Alcides Silva - 17 de maio de 2012 - 17:32

Chão de estrelas

Um dos mais belos versos da poética brasileira está em uma canção popular, presença obrigatória em qualquer seresta que se preze: ‘tu pisavas nos astros, distraída’. De Orestes Barbosa, esse verso se ombreia às mais puras expressões do lirismo nacional, como o verso final da morte de Lindóia, Canto IV, do poema “Uruguai”, da Basílio da Gama: ‘tanto era bela no seu rosto a morte’.
A palavra, como elemento primordial da linguagem, é, ao mesmo tempo, uma representação mental (transmite a compreensão individual do mundo externo) e uma manifestação psíquica (traduz os diferentes estados de alma). No primeiro caso, função representativa da palavra, seu emprego é no sentido denotativo ou referencial, a palavra tem o conteúdo literal que lhe atribuem os dicionários: lua > satélite da Terra, sem luz própria; zinco > folha de metal. Esse é o modo como os dicionários definem essas palavras. No segundo caso, como a palavra expressa e desperta, num “halo de emoção”, novos conceitos ou sentimentos, seu sentido é conotativo.
Denotação é a significação básica e objetiva de uma palavra; conotação são as associações várias e subjetivas que a palavra pode despertar.

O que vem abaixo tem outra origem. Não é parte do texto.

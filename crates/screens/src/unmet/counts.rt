//! Whether two counts are the same.

ghost use Rattle.std.specs.Prelude.{◌≡◌};
ghost use Rattle.cards.specs.Hands.{is_same};
ghost use Rattle.screens.specs.Facts.{count_code, honours_number, is_same_count};

use cards::Honours;
use conditions::Count;

/// Whether both count the same of a hand.
#[tactic(auto, unfolding(crate::specs::Facts::is_same_count))]
#[inline(always)]
pub(crate) fn is_same_count(one: Count, other: Count) -> bool
    ensures { result ≡ is_same_count one other }
{
    is_same(count_code(one), count_code(other))
}

#[inline(always)]
fn is_same(one: [u8; 4], other: [u8; 4]) -> bool
    ensures { result ≡ is_same one other }
{
    let ([a, b, c, d], [e, f, g, h]) = (one, other);
    a == e && (b == f && (c == g && d == h))
}

/// What is counted, by numbers: what, whose, in which suit, and by which measure, of which order or
/// of which ranks.
#[inline(always)]
fn count_code(count: Count) -> [u8; 4]
    ensures { result ≡ count_code count }
{
    match count {
        Count::Total(measure, seat) => [1, seat as u8, 0, measure as u8],
        Count::SuitTotal(measure, seat, suit) => [2, seat as u8, suit as u8, measure as u8],
        Count::Length(seat, suit) => [3, seat as u8, suit as u8, 0],
        Count::Ordered(order, seat) => [4, seat as u8, 0, order as u8],
        Count::Cards(seat, ranks) => [5, seat as u8, 0, honours_number(ranks)],
        Count::SuitCards(seat, suit, ranks) => {
            [6, seat as u8, suit as u8, honours_number(ranks)]
        }
    }
}

/// The number of a set of honours: 16 for an ace, 8 for a king, and so on.
#[inline(always)]
fn honours_number(ranks: Honours) -> u8
    ensures value { result ≡ honours_number ranks }
{
    16 * u8::from(ranks.ace)
        + 8 * u8::from(ranks.king)
        + 4 * u8::from(ranks.queen)
        + 2 * u8::from(ranks.jack)
        + u8::from(ranks.ten)
}
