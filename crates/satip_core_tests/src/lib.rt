//! Tests the one-thread server and its state, and worked histories of the definitions.
#![tactic(auto)]

#[cfg(test)]
mod checks;
#[cfg(test)]
mod given;
#[cfg(test)]
#[rattlefmt::skip]
#[tactic(auto, unfolding(
    satip_fronts::specs::Choice::choose,
    satip_fronts::specs::Choice::blocked,
    satip_fronts::specs::Choice::least,
    satip_fronts::specs::Choice::placed,
    satip_fronts::specs::Choice::may_take,
))]
mod http;
#[cfg(test)]
#[rattlefmt::skip]
#[tactic(auto, unfolding(
    satip_fronts::specs::Choice::choose,
    satip_fronts::specs::Choice::blocked,
    satip_fronts::specs::Choice::least,
    satip_fronts::specs::Choice::placed,
    satip_fronts::specs::Choice::may_take,
    satip_tune::specs::Words::pol_text,
    satip_tune::specs::Words::system_text,
    satip_tune::specs::Words::modulation_text,
    satip_tune::specs::Words::roll_off_text,
    satip_tune::specs::Words::fec_text,
    satip_tune::specs::Words::pilots_text_of,
    satip_rtp::specs::Bytes::rtp_header,
    satip_rtp::specs::Bytes::rtp_datagram,
))]
mod history_examples;
#[cfg(test)]
mod packets;
#[cfg(test)]
#[rattlefmt::skip]
#[tactic(auto, unfolding(
    satip_fronts::specs::Choice::choose,
    satip_fronts::specs::Choice::blocked,
    satip_fronts::specs::Choice::least,
    satip_fronts::specs::Choice::placed,
    satip_fronts::specs::Choice::may_take,
))]
mod readings;
#[cfg(test)]
mod requests;
#[cfg(test)]
mod server;
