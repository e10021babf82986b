//! What requests change, of sessions and streams that can be followed by hand.

ghost use Rattle.std.specs.Prelude.{◌<◌, ◌≤◌, length};

use crate::checks::check;
use crate::given::output;
use satip_base::{Draw, Out, Peer, Ports, SessionId};
use satip_fixtures::{DRAW, FIRST_MUX, PORTS, SECOND_MUX, config_with};
use satip_pids::{PidList, PidSet};
use satip_query::{PidsGiven, Query};
use satip_state::{Parts, ask_pids, to_set};
use satip_tune::{Mux, Tuning};
use std::alloc::Global;
use std::process::Abort;

/// Creates parts with this many front ends and these multiplexes, a timeout of 60 seconds, from
/// moment 1000 on.
pub(crate) fn parts_with(rt: &impl Abort, alloc: Global, fronts: u16, muxes: &[Mux]) -> Parts
    requires few { fronts ≤ 16 }
    requires received { length muxes.now ≤ 256 }
{
    let Ok(config) = config_with(alloc, fronts, muxes) else {
        panic!(rt; "out of memory");
    };
    Parts::make(alloc, config.fronts, config.muxes, 60, 1000).expect(rt, "out of memory")
}

// Creates parts with two front ends and two multiplexes.
fn parts(rt: &impl Abort, alloc: Global) -> Parts {
    parts_with(rt, alloc, 2, &[FIRST_MUX, SECOND_MUX])
}

fn draw(word: u32) -> Draw {
    Draw { word, ..DRAW }
}

// Creates a session with this word, and its stream. Returns the stream's number too.
fn found(parts: &mut Parts, http: bool, word: u32) -> Option<(SessionId, u16)> {
    parts.found(http, Peer { ip: 7 }, draw(word), PORTS)
}

/// Creates a session with this word, for which there is room, and its stream. Returns the stream's
/// number too.
pub(crate) fn found_one(
    rt: &impl Abort,
    parts: &mut Parts,
    http: bool,
    word: u32,
) -> (SessionId, u16) {
    found(parts, http, word).expect(rt, "room")
}

/// Returns a query for this multiplex, at any front end.
pub(crate) fn query(mux: Mux) -> Query {
    let mut query = Query::new();
    query.change.freq = Some(mux.freq);
    query.change.pol = Some(mux.pol);
    query.change.msys = Some(mux.msys);
    query.change.sr = Some(mux.sr);
    query
}

/// Changes a stream by a query; a refused one changes nothing. `out` has what is sent.
pub(crate) fn change(parts: &mut Parts, out: &mut Out, number: u16, query: &Query) {
    out.clear();
    let mut pids = PidSet::new();
    let Some(stream) = parts.stream(number) else {
        return;
    };
    let Ok(tuning) = to_set(stream.tuning, &query.change) else {
        return;
    };
    if ask_pids(&mut pids, &stream.pids, query).is_some() {
        return;
    }
    parts.change_by(number, query, tuning, &pids, out);
}

// Returns the front end and the frequency of a stream.
fn tuned(parts: &Parts, number: u16) -> Option<(u16, u32)> {
    let stream = parts.stream(number)?;
    let tuning: Tuning = stream.tuning?;
    Some((stream.front?, tuning.freq))
}

fn sixteen() -> PidList {
    let mut pids = PidList::new();
    pids.push(16);
    pids
}

// Creates a stream, tunes it to the first multiplex and adds PID 16.
fn add_sixteen(rt: &impl Abort, parts: &mut Parts, out: &mut Out) {
    found_one(rt, parts, false, 10);
    let mut asked = query(FIRST_MUX);
    asked.addpids = Some(sixteen());
    change(parts, out, 1, &asked);
}

// Asks for all PIDs without PID 16, which is refused.
fn refuse_all(parts: &mut Parts, out: &mut Out) {
    let mut refused = Query::new();
    refused.pids = PidsGiven::All;
    refused.delpids = Some(sixteen());
    change(parts, out, 1, &refused);
}

// Returns whether the first stream selects a PID.
fn has_pid(parts: &Parts, pid: u16) -> bool
    requires below { pid < 8192 }
{
    match parts.stream(1) {
        Some(stream) => stream.pids.has(pid),
        None => false,
    }
}

#[test]
fn the_first_session_founds_the_first_stream(rt: HostRuntime) {
    let mut parts = parts(&rt, rt.alloc());
    let found = found_one(&rt, &mut parts, false, 10);
    check(&rt, "found", found, (SessionId { count: 1, word: 10 }, 1));
    check(&rt, "tuning", tuned(&parts, 1), None);
}

#[test]
fn a_query_tunes_a_founded_stream(rt: HostRuntime) {
    let mut out = output(&rt, rt.alloc());
    let mut parts = parts(&rt, rt.alloc());
    add_sixteen(&rt, &mut parts, &mut out);
    check(&rt, "datagrams", out.count(), 0);
    check(&rt, "tuning", tuned(&parts, 1), Some((1, 11361750)));
    let selected = [has_pid(&parts, 16), has_pid(&parts, 17)];
    check(&rt, "PIDs 16 and 17", selected, [true, false]);
}

#[test]
fn a_refused_query_selects_no_more_pids(rt: HostRuntime) {
    let mut out = output(&rt, rt.alloc());
    let mut parts = parts(&rt, rt.alloc());
    add_sixteen(&rt, &mut parts, &mut out);
    refuse_all(&mut parts, &mut out);
    check(&rt, "PID 17", has_pid(&parts, 17), false);
}

// Plays a session, moves it to this peer and these ports, and marks it as active.
fn play_and_move(parts: &mut Parts, id: SessionId, peer: Peer, ports: Ports) {
    parts.play(id);
    parts.move_to(id, peer, ports);
    parts.hear(id);
}

#[test]
fn a_session_plays_to_where_it_moved(rt: HostRuntime) {
    let mut parts = parts(&rt, rt.alloc());
    let (id, _) = found_one(&rt, &mut parts, false, 10);
    let peer = Peer { ip: 8 };
    let ports = Ports { rtp: 5, rtcp: 6 };
    play_and_move(&mut parts, id, peer, ports);
    let session = parts.rtsp_session(id).expect(&rt, "lives");
    let moved = (session.playing, session.peer, session.ports);
    check(&rt, "session", moved, (true, peer, ports));
    check(&rt, "heard", session.heard, 1000);
}

#[test]
fn a_session_that_was_not_made_does_not_play(rt: HostRuntime) {
    let mut parts = parts(&rt, rt.alloc());
    found_one(&rt, &mut parts, false, 10);
    let other = SessionId { count: 1, word: 11 };
    parts.play(other);
    check(&rt, "none", parts.rtsp_session(other).is_none(), true);
}

// Joins the first stream, and asserts which session that gives.
fn check_join(
    rt: &impl Abort,
    parts: &mut Parts,
    name: &str,
    word: u32,
    wanted: Option<SessionId>,
) {
    let joined = parts.join(Peer { ip: 7 }, draw(word), PORTS, 1);
    check(rt, name, joined, wanted);
}

// Returns whether the first stream plays.
fn is_playing(parts: &Parts) -> bool {
    match parts.view(1) {
        Some(view) => view.playing,
        None => false,
    }
}

// Creates an HTTP session, and asserts that it has the first stream, and plays.
fn check_first(rt: &impl Abort, parts: &mut Parts) {
    let (id, number) = found_one(rt, parts, true, 10);
    check(rt, "owner", (number, parts.owner(1)), (1, Some(id)));
    let states = [parts.rtsp_session(id).is_none(), is_playing(parts)];
    check(rt, "over HTTP, and plays", states, [true, true]);
}

// Creates this many sessions.
fn found_many(rt: &impl Abort, parts: &mut Parts, sessions: u32) {
    for _ in 0..sessions {
        found_one(rt, parts, false, 12);
    }
}

// Asserts that there is room for no session.
fn check_full(rt: &impl Abort, parts: &mut Parts) {
    check(rt, "full", parts.is_full(), true);
    check(rt, "no more", found(parts, false, 13).is_none(), true);
    check_join(rt, parts, "no more joins", 13, None);
}

#[test]
fn sessions_are_made_until_64_live(rt: HostRuntime) {
    let mut parts = parts(&rt, rt.alloc());
    check_join(&rt, &mut parts, "no stream", 9, None);
    check_first(&rt, &mut parts);
    let second = SessionId { count: 2, word: 11 };
    check_join(&rt, &mut parts, "second", 11, Some(second));
    found_many(&rt, &mut parts, 62);
    check_full(&rt, &mut parts);
}
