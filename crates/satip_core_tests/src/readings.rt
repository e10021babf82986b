//! Worked runs of the words that the laws are said in, each computed from the definitions.
ghost use Rattle.std.specs.Prelude.{◌≡◌, List, [], ◌∷◌, true, false};
ghost use Rattle.satip_query.specs.Queries.{new_query};
ghost use Rattle.satip_plain.specs.declared.events.Event.TheVariants.{Tick};
ghost use Rattle.satip_plain.specs.Examples.{added_pids, id_of, join_of, packet, packet_on, play, play_in, play_of_two, setup, setup_with, teardown_in, to_second, to_unknown, with_change};
ghost use Rattle.satip_laws.specs.Rows.{RunsAreLegal, given_pids, ends_session, asks_as_owner, is_about, finds_none};

// A session is given what it selects while it plays, of its stream's tuning alone.
fn playing_session_is_given_its_packets()
    ensures from_then_on { given_pids (setup ∷ play ∷ packet 100 ∷ play_in (id_of 1 10) 1
        (added_pids (100 ∷ [])) ∷ packet 100 ∷ packet 16 ∷ []) (id_of 1 10) ≡ 100 ∷ 16 ∷ [] }
    ensures across_a_retune { given_pids (setup ∷ play ∷ packet 16 ∷ play_in (id_of 1 10) 1
        (with_change to_second) ∷ packet 17 ∷ packet_on 1 2 0 ∷ []) (id_of 1 10) ≡ 16 ∷ 0 ∷ [] }
    ensures before_playing { given_pids (setup ∷ packet 16 ∷ []) (id_of 1 10) ≡ [] }
    ensures of_another { given_pids (setup ∷ play ∷ join_of 1 ∷ packet 16 ∷ []) (id_of 2 11) ≡ [] }
{}

// A tick too late for it and a TEARDOWN that names it end a session.
fn session_ends_by_a_cause()
    ensures too_late { ends_session (setup ∷ Tick 59999 ∷ []) (Tick 60000) (id_of 1 10) ≡ true }
    ensures in_time { ends_session (setup ∷ []) (Tick 59999) (id_of 1 10) ≡ false }
    ensures torn_down { ends_session (setup ∷ join_of 1 ∷ []) (teardown_in (id_of 1 10) 1)
        (id_of 1 10) ≡ true }
    ensures the_other_lives { ends_session (setup ∷ join_of 1 ∷ []) (teardown_in (id_of 1 10) 1)
        (id_of 2 11) ≡ false }
{}

// The earliest session of a stream owns it, and the next one once it ended.
fn owner_asks_for_a_change()
    ensures owner { asks_as_owner (setup ∷ join_of 1 ∷ []) play (id_of 1 10) ≡ true }
    ensures joined { asks_as_owner (setup ∷ join_of 1 ∷ []) (play_of_two 1 new_query) (id_of 1 10)
        ≡ false }
    ensures refused { asks_as_owner (setup ∷ join_of 1 ∷ []) (play_of_two 1 (added_pids (18 ∷ [])))
        (id_of 1 10) ≡ false }
    ensures next { asks_as_owner (setup ∷ join_of 1 ∷ teardown_in (id_of 1 10) 1 ∷ [])
        (play_of_two 1 (added_pids (18 ∷ []))) (id_of 1 10) ≡ true }
{}

// A third tuning finds no front end, until one is given back; a request is about the stream that it
// names or would found.
fn third_tuning_is_blocked()
    ensures blocked { finds_none (setup ∷ setup_with (with_change to_second) ∷ [])
        (setup_with (with_change to_unknown)) ≡ true }
    ensures given_back { finds_none (setup ∷ setup_with (with_change to_second) ∷ teardown_in
        (id_of 1 10) 1 ∷ []) (setup_with (with_change to_unknown)) ≡ false }
    ensures shared { finds_none (setup ∷ setup_with (with_change to_second) ∷ [])
        (setup_with (with_change to_second)) ≡ false }
    ensures founds { is_about (setup ∷ []) (setup_with (with_change to_second)) ≡ id_of 2 10 }
    ensures joins { is_about (setup ∷ []) (join_of 1) ≡ id_of 1 10 }
    ensures of_session { is_about (setup ∷ []) play ≡ id_of 1 10 }
{}

// The entries of a run are a legal history, so the laws speak of each of these.
fn runs_are_legal()
    ensures law { RunsAreLegal }
{}
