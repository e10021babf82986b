//! Worked histories, each computed from the definitions.
ghost use Rattle.std.specs.Prelude.{◌≡◌, List, [], ◌∷◌, ◌++◌, Some, None, true, false};
ghost use Rattle.satip_query.specs.Queries.{new_query};
ghost use Rattle.satip_plain.specs.declared.events.Event.TheVariants.{Tick, Ask, Ended, Pull, Close};
ghost use Rattle.satip_plain.specs.declared.answers.Work.TheVariants.{Tune, Nothing, Stopping};
ghost use Rattle.satip_plain.specs.Examples.{added_pids, first_query, get_second, id_of, join_of, packet, packet_of, packet_on, packets, play, play_in, play_of_two, setup, setup_with, teardown_in, to_second, two_setup, with_change};
ghost use Rattle.satip_laws.specs.Carried.{number_inside, packets_inside, ssrc_inside};
ghost use Rattle.satip_laws.specs.Examples.{current_pids, due_after, flow, flow_of, fresh_pids, gives_next, head, left_pids, newcomer, newcomers, numbers_of, reel, shared_by, untold};
ghost use Rattle.satip_plain.specs.Pumping.{Asking, Feeding, Finished, fresh};

// A packet counts once its PID was added; it is held until the tick.
fn pids_added_count_from_then_on()
    ensures held { flow_of (setup ∷ play ∷ packet 100 ∷ play_in (id_of 1 10) 1
        (added_pids (100 ∷ [])) ∷ packet 100 ∷ []) (id_of 1 10) ≡ flow (100 ∷ []) [] (100 ∷ []) [] }
    ensures sent { flow_of (setup ∷ play ∷ packet 100 ∷ play_in (id_of 1 10) 1
        (added_pids (100 ∷ [])) ∷ packet 100 ∷ Tick 40 ∷ []) (id_of 1 10)
        ≡ flow (100 ∷ []) (100 ∷ []) [] [] }
{}

// Seven packets leave at once, and what is held leaves as the session ends.
fn sevens_leave_at_once()
    ensures seven { flow_of (setup ∷ play ∷ packets 8 16) (id_of 1 10)
        ≡ flow (16 ∷ 16 ∷ 16 ∷ 16 ∷ 16 ∷ 16 ∷ 16 ∷ 16 ∷ []) (16 ∷ 16 ∷ 16 ∷ 16 ∷ 16 ∷ 16 ∷ 16 ∷ [])
        (16 ∷ []) [] }
    ensures ended { flow_of (setup ∷ play ∷ packet 16 ∷ packet 17 ∷ teardown_in (id_of 1 10) 1 ∷
        packet 16 ∷ []) (id_of 1 10) ≡ flow (16 ∷ 17 ∷ []) (16 ∷ 17 ∷ []) [] [] }
{}

// What is held leaves where the stream is retuned; a packet of the old tuning is given to nobody.
fn packet_across_a_retune_is_dropped()
    ensures retuned { flow_of (setup ∷ play ∷ packet 16 ∷ play_in (id_of 1 10) 1
        (with_change to_second) ∷ packet 17 ∷ []) (id_of 1 10) ≡ flow (16 ∷ []) (16 ∷ []) [] [] }
    ensures equal { flow_of (setup ∷ play ∷ packet 16 ∷ play_in (id_of 1 10) 1
        (with_change first_query.change) ∷ packet 17 ∷ []) (id_of 1 10)
        ≡ flow (16 ∷ 17 ∷ []) [] (16 ∷ 17 ∷ []) [] }
{}

// A packet is given to each session of a stream that plays, and to each stream at the front end.
fn each_playing_session_is_given_the_packet()
    ensures joined { flow_of (setup ∷ play ∷ join_of 1 ∷ packet 16 ∷ play_of_two 1 new_query ∷
        packet 17 ∷ []) (id_of 2 11) ≡ flow (17 ∷ []) [] (17 ∷ []) [] }
    ensures owner { flow_of (setup ∷ play ∷ join_of 1 ∷ packet 16 ∷ play_of_two 1 new_query ∷ packet
        17 ∷ []) (id_of 1 10) ≡ flow (16 ∷ 17 ∷ []) [] (16 ∷ 17 ∷ []) [] }
    ensures sharing { flow_of (setup ∷ two_setup ∷ play_of_two 2 new_query ∷ packet 16 ∷ [])
        (id_of 2 11) ≡ flow (16 ∷ []) [] (16 ∷ []) [] }
{}

// An HTTP session plays from the start; a pull takes what is queued, and a close drops it.
fn queue_is_pulled()
    ensures pulled { flow_of (get_second ∷ packet_on 1 1 400 ∷ packet_on 1 1 401 ∷ Pull (id_of 1 10)
        ∷ packet_on 1 1 402 ∷ []) (id_of 1 10) ≡ flow (400 ∷ 401 ∷ 402 ∷ []) [] (402 ∷ [])
        (400 ∷ 401 ∷ []) }
    ensures closed { flow_of (get_second ∷ packet_on 1 1 400 ∷ Close (id_of 1 10) ∷ Pull
        (id_of 1 10) ∷ []) (id_of 1 10) ≡ flow (400 ∷ []) [] [] [] }
{}

// Sessions are made by accepted requests alone, each with its count, its stream and the number of
// its draw.
fn sessions_are_made()
    ensures made { newcomers (setup ∷ join_of 1 ∷ join_of 7 ∷ get_second ∷ [])
        ≡ newcomer 1 false 1 65535 ∷ newcomer 2 false 1 0 ∷ newcomer 3 true 2 65535 ∷ [] }
    ensures none { newcomers (join_of 1 ∷ Tick 40 ∷ Ask 1 ∷ []) ≡ [] }
{}

// A stream is retuned by its owner with another tuning, and as it is founded with one.
fn retunings_are_told()
    ensures another { gives_next (setup ∷ play ∷ [])
        (play_in (id_of 1 10) 1 (with_change to_second)) (id_of 1 10) ≡ true }
    ensures elsewhere { gives_next (setup ∷ play ∷ [])
        (play_in (id_of 1 10) 1 (with_change to_second)) (id_of 2 11) ≡ false }
    ensures equal { gives_next (setup ∷ play ∷ [])
        (play_in (id_of 1 10) 1 (with_change first_query.change)) (id_of 1 10) ≡ false }
    ensures joined { gives_next (setup ∷ play ∷ join_of 1 ∷ [])
        (play_of_two 1 (with_change to_second)) (id_of 1 10) ≡ false }
    ensures founded { gives_next [] setup (id_of 1 10) ≡ true }
    ensures founded_beside { gives_next (setup ∷ []) two_setup (id_of 2 11) ≡ true }
    ensures untuned { gives_next [] (setup_with new_query) (id_of 1 10) ≡ false }
{}

// A datagram's bytes are read as its number, its SSRC and its packets, whatever clock it has.
fn bytes_are_read()
    ensures number { number_inside (head ++ packet_of 16 ++ packet_of 17) ≡ 65535 }
    ensures ssrc { ssrc_inside (head ++ packet_of 16 ++ packet_of 17) ≡ 287454020 }
    ensures packets { packets_inside (head ++ packet_of 16 ++ packet_of 17)
        ≡ packet_of 16 ∷ packet_of 17 ∷ [] }
    ensures nothing { packets_inside head ≡ [] }
{}

// What left for a session is read from the bytes of its own RTP datagrams, and not from reports.
fn payload_is_read_from_bytes()
    ensures sent { left_pids (setup ∷ play ∷ packet 16 ∷ packet 17 ∷ Tick 40 ∷ packet 16 ∷ [])
        (id_of 1 10) ≡ 16 ∷ 17 ∷ [] }
    ensures of_another { left_pids (setup ∷ play ∷ packet 16 ∷ join_of 1 ∷ Tick 40 ∷ [])
        (id_of 2 11) ≡ [] }
{}

// Numbers go on from the draw's, and wrap after 65535; two draws have two SSRCs.
fn numbers_and_marks()
    ensures wraps { numbers_of (setup ∷ play ∷ packet 16 ∷ Tick 40 ∷ packet 16 ∷ Tick 80 ∷ packet 16
        ∷ Tick 120 ∷ []) (id_of 1 10) ≡ 65535 ∷ 0 ∷ 1 ∷ [] }
    ensures alone { shared_by (setup ∷ two_setup ∷ []) (id_of 1 10) 287454020 ≡ false }
    ensures twice { shared_by (setup ∷ setup ∷ []) (id_of 1 10) 287454020 ≡ true }
{}

// A packet is current for the tuning number that its front end has while it serves a stream.
fn stale_packets_are_left_out()
    ensures first { current_pids (packet 15 ∷ setup ∷ packet 16 ∷ play_in (id_of 1 10) 1
        (with_change to_second) ∷ packet 17 ∷ packet_on 1 2 18 ∷ []) 1 1 ≡ 16 ∷ [] }
    ensures second { current_pids (packet 15 ∷ setup ∷ packet 16 ∷ play_in (id_of 1 10) 1
        (with_change to_second) ∷ packet 17 ∷ packet_on 1 2 18 ∷ []) 1 2 ≡ 18 ∷ [] }
    ensures read { fresh_pids (packet 15 ∷ setup ∷ packet 16 ∷ play_in (id_of 1 10) 1
        (with_change to_second) ∷ packet 17 ∷ packet_on 1 2 18 ∷ []) 1 2 ≡ 18 ∷ [] }
    ensures ended { current_pids (setup ∷ packet 16 ∷ teardown_in (id_of 1 10) 1 ∷ packet 17 ∷ []) 1
        1 ≡ 16 ∷ [] }
{}

// A pump goes on with its recording while the tuning number stays, and begins another with the
// next.
fn pump_follows_the_tuning_number()
    ensures goes_on { due_after (Feeding (reel 1 (16 ∷ 17 ∷ []))) (packet 16) (Tune 1 1)
        ≡ Feeding (reel 1 (17 ∷ [])) }
    ensures begins { due_after (Feeding (reel 1 (16 ∷ 17 ∷ []))) (packet 16) (Tune 2 2)
        ≡ Feeding (fresh untold 2 2) }
    ensures exhausted { due_after (Feeding (reel 1 (16 ∷ []))) (Ended 1 1) Nothing
        ≡ Asking (Some (reel 1 [])) }
    ensures asks { due_after (Asking None) (Ask 1) Nothing ≡ Asking None }
    ensures stops { due_after (Asking None) (Ask 1) Stopping ≡ Finished }
{}
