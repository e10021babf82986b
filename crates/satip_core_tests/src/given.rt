//! Gives tests packets and outputs.

use satip_base::Out;
use satip_fixtures::packet_bytes;
use satip_ts::Packet;
use std::alloc::Global;
use std::process::Abort;

/// Returns a packet of this PID.
pub(crate) fn packet(rt: &impl Abort, pid: u8) -> Packet {
    Packet::of(&packet_bytes(pid)).expect(rt, "packet")
}

/// Creates an output.
pub(crate) fn output(rt: &impl Abort, alloc: Global) -> Out {
    Out::make(alloc).expect(rt, "out of memory")
}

Nos versos de “Chão de estrelas” (aliás, perfeita antítese), lua não é um ser inanimado, o satélite, mas o foco luminoso, animado, capaz de ultrapassar os pequenos orifícios da cobertura do casebre e projetar-se no chão, formando minúsculas claridades, à semelhança das estrelas do céu. Aqui a palavra lua não pode ser entendida em seu âmbito meramente gramatical. Haverá de ser compreendida estilisticamente, no contexto de toda a estrofe.
A canção, de seu título à palavra derradeira de seu último verso, é toda ela conotativa, metafórica. Seus termos saem do plano real para o imaginário, para o subjetivo, para a comoção.
A base do sentido conotativo é a metaforização.
“Metáfora é a figura de palavra em que um termo substitui outro em vista de uma relação de semelhança entre os elementos que esses termos designam. Essa semelhança é resultado da imaginação, da subjetividade de quem cria a metáfora” (Hélio de Seixas Guimarães e Ana Cecília Lessa: “Figuras de Linguagem”).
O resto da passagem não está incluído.